**Exercise**
Your task is to copy the stretch of lines in the records below that begins with the line containing "let bounds = directory::box_at(f, h, t);" and ends with the line containing "(i < length", exactly as written, with nothing added.

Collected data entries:
// The sequence in which the tiles are streamed (02.5): each after every tile nearer than it, of those free to come next
// the lowest number first. The call is call::stream_order.
#![tactic(auto)]

mod blocking;
pub mod call;
mod taking;
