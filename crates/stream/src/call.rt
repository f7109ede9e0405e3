// The call of 02.5, "A sequence for streaming".
ghost use Rattle.std.specs.Prelude.{◌≡◌};
ghost use Rattle.base.specs.Answer.{outcome_of};
ghost use Rattle.stream.specs.Stream.{stream_call, order_after};

use crate::taking::put_order;
use base::{Reason, Refusal};
use blocks::directory::read_directory;
use geometry::limits;
use geometry::padding::{HasAxes, Town, pad_box};

// For a town of N axes: T.
pub fn stream_order<const N: usize>(
    f: &[u8],
    o: [[i32; 2]; N],
    order: &mut [u32],
) -> Result<u32, Refusal>
where
    Town: HasAxes<N>,
    ensures result_value { outcome_of result ≡ stream_call f.now o.entry order.old }
    ensures order_after { order.new ≡ order_after f.now o.entry order.old
        (stream_call f.now o.entry order.old) }
{
    let h = read_directory(f)?;
    let region = pad_box(o);
    if h.axes != N {
        return Err(Reason::Axes.at(0));
    }
    if !limits::valid_box(N, region) {
        return Err(Reason::Box.at(0));
    }
    if order.len() < h.tiles {
        return Err(Reason::Short.at(0));
    }
    put_order(f, h, region, order);
    let tiles = h.tiles as u32;
    Ok(tiles)
}
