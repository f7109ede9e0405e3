// Opening a tile, and its sites, read in place.
ghost use Rattle.std.specs.Prelude.{◌≡◌, ◌+◌, ◌*◌, ◌<◌, ◌≤◌, length, take};
ghost use Rattle.base.specs.Answer.{outcome_of};
ghost use Rattle.base.specs.Refusal.{accepted};
ghost use Rattle.base.specs.Every.{every};
ghost use Rattle.codec.specs.Number.{limit16};
ghost use Rattle.geometry.specs.Axes.{KnownAxes};
ghost use Rattle.blocks.specs.Layout.{block_size, payload_at, site_size, max_sites};
ghost use Rattle.blocks.specs.Directory.{directory};
ghost use Rattle.tiles.specs.Tile.{site_offset, site_in, tile_padding, site_inside, tile_block, tile_position};
ghost use Rattle.tiles.specs.Tile.{muted_in, open_tile};

use base::{Reason, Refusal, both};
use blocks::header::Header;
use blocks::{block, directory, layout};
use codec::reading::{i32_at, u16_at, u32_at, zeros};
use geometry::limits::inside;

// The cue of a muted site: 02.1 has it as this number, in the bytes of the file.
pub const MUTED_CUE: u32 = 0;

#[tactic(auto, unfolding(crate::specs::Tile::site_offset))]
pub fn site_offset(axes: usize, slot: usize) -> usize
    requires { KnownAxes axes × (slot ≤ max_sites axes) }
    ensures { (result ≡ site_offset axes slot) × (result ≡ payload_at + site_size axes * slot) }
{
    layout::PAYLOAD_AT + layout::site_size(axes) * slot
}

// The point of the site of a slot of a tile's block: its first axes count.
pub fn point_in(axes: usize, s: &[u8], slot: usize) -> [i32; 3]
    requires { KnownAxes axes × (slot < max_sites axes) × (length s.now ≡ block_size) }
    ensures { take axes result ≡ (site_in axes s.now slot).point }
{
    let at = site_offset(axes, slot);
    let x = i32_at(s, at);
    let y = i32_at(s, at + 4);
    if axes == layout::HEIGHT {
        [x, y, i32_at(s, at + 8)]
    } else {
        [x, y, 0]
    }
}

// The cue of the site of a slot.
#[tactic(auto, unfolding(crate::specs::Tile::site_in))]
pub fn cue_in(axes: usize, s: &[u8], slot: usize) -> u32
    requires { KnownAxes axes × (slot < max_sites axes) × (length s.now ≡ block_size) }
    ensures { result ≡ (site_in axes s.now slot).cue }
{
    u32_at(s, site_offset(axes, slot) + layout::cue_offset(axes))
}

// How many of the first n sites are muted, counted without a branch.
fn muted_in(axes: usize, s: &[u8], n: usize) -> usize
    requires { KnownAxes axes × (n ≤ max_sites axes) × (length s.now ≡ block_size) }
    ensures { result ≡ muted_in axes s.now n }
{
    let mut muted: usize = 0;
    for slot in 0..n {
        muted += (cue_in(axes, s, slot) == MUTED_CUE) as usize;
    }
    muted
}

// Test 8, of a tile with n sites.
#[tactic(auto, unfolding(crate::specs::Tile::tile_padding))]
fn tile_padding(axes: usize, s: &[u8], n: usize) -> bool
    requires { KnownAxes axes × (n ≤ max_sites axes) × (length s.now ≡ block_size) }
    ensures { result ≡ tile_padding axes s.now n }
{
    let used = site_offset(axes, n);
    both(
        zeros(s, layout::TILES_AT, layout::PAYLOAD_AT),
        zeros(s, used, layout::CHECK_AT),
    )
}

// Test 10 of one site.
#[tactic(auto, unfolding(crate::specs::Tile::site_inside))]
fn site_inside(axes: usize, bounds: [[i32; 2]; 3], s: &[u8], slot: usize) -> bool
    requires { KnownAxes axes × (slot < max_sites axes) × (length s.now ≡ block_size) }
    ensures { result ≡ site_inside axes (take axes bounds) s.now slot }
{
    inside(axes, bounds, point_in(axes, s, slot))
}

#[tactic(auto, unfolding(base::specs::Every::every))]
fn sites_inside(axes: usize, bounds: [[i32; 2]; 3], s: &[u8], n: usize) -> bool
    requires { KnownAxes axes × (n ≤ max_sites axes) × (length s.now ≡ block_size) }
    ensures { result ≡ every (site_inside axes (take axes bounds) s.now) n }
{
    let mut all = true;
    for slot in 0..n {
        all = both(all, site_inside(axes, bounds, s, slot));
    }
    all
}

// A tile's block, by box, count and muted number of its entry: the first test that fails decides.
fn tile_block(
    axes: usize,
    s: &[u8],
    p: usize,
    bounds: [[i32; 2]; 3],
    count: usize,
    muted: usize,
) -> Result<usize, Refusal>
    requires { KnownAxes axes × (length s.now ≡ block_size) × (p < limit16) × (count ≤ max_sites axes) }
    ensures { outcome_of result ≡ tile_block axes s.now p (take axes bounds) count muted }
{
    if let Err(reason) = block::start_tests(s, layout::tile_kind(axes)) {
        return Err(reason.at(p));
    }
    if u16_at(s, layout::POSITION_AT) != p {
        return Err(Reason::Position.at(p));
    }
    if u16_at(s, layout::ENTRIES_AT) != count {
        return Err(Reason::Entries.at(p));
    }
    if !tile_padding(axes, s, count) {
        return Err(Reason::Padding.at(p));
    }
    if !sites_inside(axes, bounds, s, count) {
        return Err(Reason::Stray.at(p));
    }
    if muted_in(axes, s, count) != muted {
        return Err(Reason::Muted.at(p));
    }
    Ok(count)
}

// Where tile t stands, of a file whose directory is accepted.
pub fn tile_position(f: &[u8], h: Header, t: usize) -> usize
    requires { (directory f.now ≡ accepted h) × (t < h.tiles) }
    ensures { (result ≡ tile_position h t) × (result < limit16) × (block_size * result + block_size ≤ length f.now) }
{
    directory::directory_blocks(h) + t
}

// Opens tile t of a file whose directory is accepted: the number of its sites, or the first refusal.
pub fn open_tile(f: &[u8], h: Header, t: usize) -> Result<usize, Refusal>
    requires { (directory f.now ≡ accepted h) × (t < h.tiles) }
    ensures { outcome_of result ≡ open_tile f.now h t }
{
    let p = tile_position(f, h, t);
    let bounds = directory::box_at(f, h, t);
    let count = directory::count_at(f, h, t);
    let muted = directory::muted_at(f, h, t);
    tile_block(h.axes, block::block_at(f, p), p, bounds, count, muted)
}
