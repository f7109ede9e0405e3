// What a tile waits for: a tile that is left and nearer than it. It is looked for among the places from the back to the
// front, and once it was taken the next one from there on: no pair of tiles is looked at twice.
ghost use Rattle.std.specs.Prelude.{true, ◌&&◌, ◌≡◌, ℕ, ◌<◌, ◌≤◌, get_or, length};
ghost use Rattle.base.specs.Refusal.{accepted};
ghost use Rattle.blocks.specs.Directory.{directory};
ghost use Rattle.blocks.specs.Layout.{max_tiles};
ghost use Rattle.corners.specs.Inner.Tables.{far_size, FarTable, below_all};
ghost use Rattle.geometry.specs.Axes.{KnownAxes};
ghost use Rattle.plan.specs.Inner.Seam.{TileOf, region_of, ValidRegion};
ghost use Rattle.arrange.specs.Inner.Places.{tile_at, Listed, Least};
ghost use Rattle.stream.specs.Inner.State.{is_left, LastBlocker, waits_for, Settled, TakenBelow, Stands, Standing};
ghost use Rattle.stream.specs.Inner.State.{Released};
ghost use Rattle.stream.specs.Stream.{closer_from};

use arrange::places::{place_before, tile_at};
use base::both;
use blocks::header::Header;
use blocks::layout::MAX_TILES;
use corners::compare::{below, last_below};
use corners::tables::near_from;
use plan::region::{MAX_CORNERS, Region, corners};

// In the place of a tile to wait for: none is left; the tile itself was taken. Numbers and no enum, so that a group of
// places is compared with one tile at once.
pub const FREE: u32 = 960;

pub const TAKEN: u32 = 961;

// Whether the tile at place i is left, and nearer than the one that near was taken of.
fn blocks_at(
    h: Header,
    far: &[u64],
    keys: &[u64],
    waits: &[u32],
    near: [u64; MAX_CORNERS],
    i: usize,
) -> bool
    requires known_axes { KnownAxes h.axes × (length far.now ≡ far_size h) × (i < max_tiles) }
    requires i_in_bounds { (i < length keys.now) × (tile_at keys.now i < length waits.now) }
    ensures { result ≡ below_all h far.now near i
        && is_left waits.now (tile_at keys.now i) }
{
    let t = tile_at(keys, i);
    both(below(h, far, i, near), waits[t] != TAKEN)
}

// Of the places from `low` to `to` - 1 the last that blocks, and one more. The corner opposite to the first, by which
// the places are ordered, is tested in a loop of its own.
fn last_blocker(
    h: Header,
    far: &[u64],
    keys: &[u64],
    waits: &[u32],
    near: [u64; MAX_CORNERS],
    low: usize,
    to: usize,
) -> usize
    requires known_axes { KnownAxes h.axes × (length far.now ≡ far_size h) × (to ≤ h.tiles) × (h.tiles ≤ max_tiles) }
    requires keys_len { (length keys.now ≡ max_tiles) × Listed h.tiles keys.now × (length waits.now ≡ max_tiles) }
    ensures { LastBlocker (λ i. below_all h far.now near i
        && is_left waits.now (tile_at keys.now i)) low to result }
{
    let n = corners(h);
    let part = (n - 1) * MAX_TILES;
    let bound = near[n - 1];
    // A `while`, since the next place is the next one found.
    let mut i = last_below(far, part, low, to, bound);
    while low < i {
        if blocks_at(h, far, keys, waits, near, i - 1) {
            return i;
        }
        i = last_below(far, part, low, i - 1, bound);
    }
    i
}

// The tile at that place, or none.
fn waits_for(keys: &[u64], low: usize, i: usize) -> u32
    requires { i ≤ length keys.now }
    ensures { result ≡ waits_for keys.now low i }
{
    if low < i {
        return tile_at(keys, i - 1) as u32;
    }
    FREE
}

// What tile b waits for, found again.
fn settle(
    h: Header,
    far: &[u64],
    keys: &[u64],
    near: [u64; MAX_CORNERS],
    low: usize,
    to: usize,
    b: usize,
    waits: &mut [u32],
    from: &mut [u32],
)
    requires known_axes { KnownAxes h.axes × (length far.now ≡ far_size h) × (to ≤ h.tiles) × (h.tiles ≤ max_tiles) }
    requires keys_len { (length keys.now ≡ max_tiles) × Listed h.tiles keys.now × (length waits.old ≡ max_tiles) }
    requires b_lt_tiles { (b < h.tiles) × (length from.old ≡ max_tiles) }
    ensures { Settled (below_all h far.now near) keys.now low to b
        waits.old waits.new from.old from.new }
{
    let i = last_blocker(h, far, keys, waits, near, low, to);
    waits[b] = waits_for(keys, low, i);
    from[b] = i as u32;
}

// What tile b waits for first. All tiles are left.
fn settle_first(
    f: &[u8],
    h: Header,
    o: Region,
    far: &[u64],
    least: &[u64],
    keys: &[u64],
    b: usize,
    waits: &mut [u32],
    from: &mut [u32],
)
    requires tile_of { TileOf f.now h b × ValidRegion h (region_of h o) }
    requires far_table { FarTable f.now h (region_of h o) (tile_at keys.now) h.tiles far.now }
    requires keys_len { (length keys.now ≡ max_tiles) × Listed h.tiles keys.now
        × (length least.now ≡ max_tiles) × Least far.now h.tiles least.now }
    requires waits_len { (length waits.old ≡ max_tiles) × (length from.old ≡ max_tiles) }
    ensures { Released (closer_from f.now h (region_of h o)) h.tiles keys.now b
        waits.old waits.new from.old from.new }
{
    let near = near_from(f, h, o, b);
    let to = place_before(least, h.tiles, near[0]);
    settle(h, far, keys, near, 0, to, b, waits, from);
}

// The same for all tiles.
pub fn settle_all(
    f: &[u8],
    h: Header,
    o: Region,
    far: &[u64],
    least: &[u64],
    keys: &[u64],
    waits: &mut [u32],
    from: &mut [u32],
)
    requires f_value { (directory f.now ≡ accepted h) × ValidRegion h (region_of h o) }
    requires far_table { FarTable f.now h (region_of h o) (tile_at keys.now) h.tiles far.now }
    requires keys_len { (length keys.now ≡ max_tiles) × Listed h.tiles keys.now
        × (length least.now ≡ max_tiles) × Least far.now h.tiles least.now }
    requires waits_len { (length waits.old ≡ max_tiles) × (length from.old ≡ max_tiles)
        × ((a : ℕ) → is_left waits.old a ≡ true) }
    ensures { Standing (closer_from f.now h (region_of h o)) h.tiles keys.now h.tiles 0
        waits.new from.new × ((a : ℕ) → is_left waits.new a ≡ true) }
{
    for b in 0..h.tiles {
        settle_first(f, h, o, far, least, keys, b, waits, from);
    }
}

// What tile b waits for next, since the one that it waited for was taken. At the places below `low` all were taken.
pub fn release(
    f: &[u8],
    h: Header,
    o: Region,
    far: &[u64],
    keys: &[u64],
    low: usize,
    b: usize,
    waits: &mut [u32],
    from: &mut [u32],
)
    requires tile_of { TileOf f.now h b × ValidRegion h (region_of h o) }
    requires far_table { FarTable f.now h (region_of h o) (tile_at keys.now) h.tiles far.now }
    requires keys_len { (length keys.now ≡ max_tiles) × Listed h.tiles keys.now
        × (length waits.old ≡ max_tiles) × (length from.old ≡ max_tiles) }
    requires taken_below { TakenBelow (closer_from f.now h (region_of h o)) h.tiles keys.now waits.old low }
    requires stands { Stands (closer_from f.now h (region_of h o)) h.tiles keys.now (is_left waits.old)
        (get_or waits.old b 0) (get_or waits.old b 0) (get_or from.old b 0) b }
    ensures { Released (closer_from f.now h (region_of h o)) h.tiles keys.now b
        waits.old waits.new from.old from.new }
{
    let near = near_from(f, h, o, b);
    let to = from[b] as usize;
    settle(h, far, keys, near, low, to, b, waits, from);
}
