// Opening of tiles, and the full check (document 01, "Blocks" and "Writer, full check, host, program").
// validate::validate takes any bytes. The other calls are for a file whose directory is accepted.
#![tactic(auto)]

pub mod tile;
pub mod validate;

**Written answer**
    let bounds = directory::box_at(f, h, t);
    let count = directory::count_at(f, h, t);
    let muted = directory::muted_at(f, h, t);
    tile_block(h.axes, block::block_at(f, p), p, bounds, count, muted)
}
repository f7109ede9e0405e3
// What a tile waits for: a tile that is left and nearer than it. It is looked for among the places from the back to the
// front, and once it was taken the next one from there on: no pair of tiles is looked at twice.
ghost use Rattle.std.specs.Prelude.{true, ◌&&◌, ◌≡◌, ℕ, ◌<◌, ◌≤◌, get_or, length};
ghost use Rattle.base.specs.Refusal.{accepted};
ghost use Rattle.blocks.specs.Directory.{directory};
ghost use Rattle.blocks.specs.Layout.{max_tiles};
ghost use Rattle.corners.specs.Inner.Tables.{far_size, FarTable, below_all};
ghost use Rattle.geometry.specs.Axes.{KnownAxes};
ghost use Rattle.plan.specs.Inner.Seam.{TileOf, region_of, ValidRegion};
ghost use Rattle.arrange.specs.Inner.Places.{tile_at, Listed, Least};
ghost use Rattle.stream.specs.Inner.State.{is_left, LastBlocker, waits_for, Settled, TakenBelow, Stands, Standing};
ghost use Rattle.stream.specs.Inner.State.{Released};
ghost use Rattle.stream.specs.Stream.{closer_from};

use arrange::places::{place_before, tile_at};
use base::both;
use blocks::header::Header;
use blocks::layout::MAX_TILES;
use corners::compare::{below, last_below};
use corners::tables::near_from;
use plan::region::{MAX_CORNERS, Region, corners};

// In the place of a tile to wait for: none is left; the tile itself was taken. Numbers and no enum, so that a group of
// places is compared with one tile at once.
pub const FREE: u32 = 960;

pub const TAKEN: u32 = 961;

// Whether the tile at place i is left, and nearer than the one that near was taken of.
fn blocks_at(
    h: Header,
    far: &[u64],
    keys: &[u64],
    waits: &[u32],
    near: [u64; MAX_CORNERS],
    i: usize,
) -> bool
    requires known_axes { KnownAxes h.axes × (length far.now ≡ far_size h) × (i < max_tiles) }
    requires i_in_bounds { (i < length keys.now) × (tile_at keys.now i < length waits.now) }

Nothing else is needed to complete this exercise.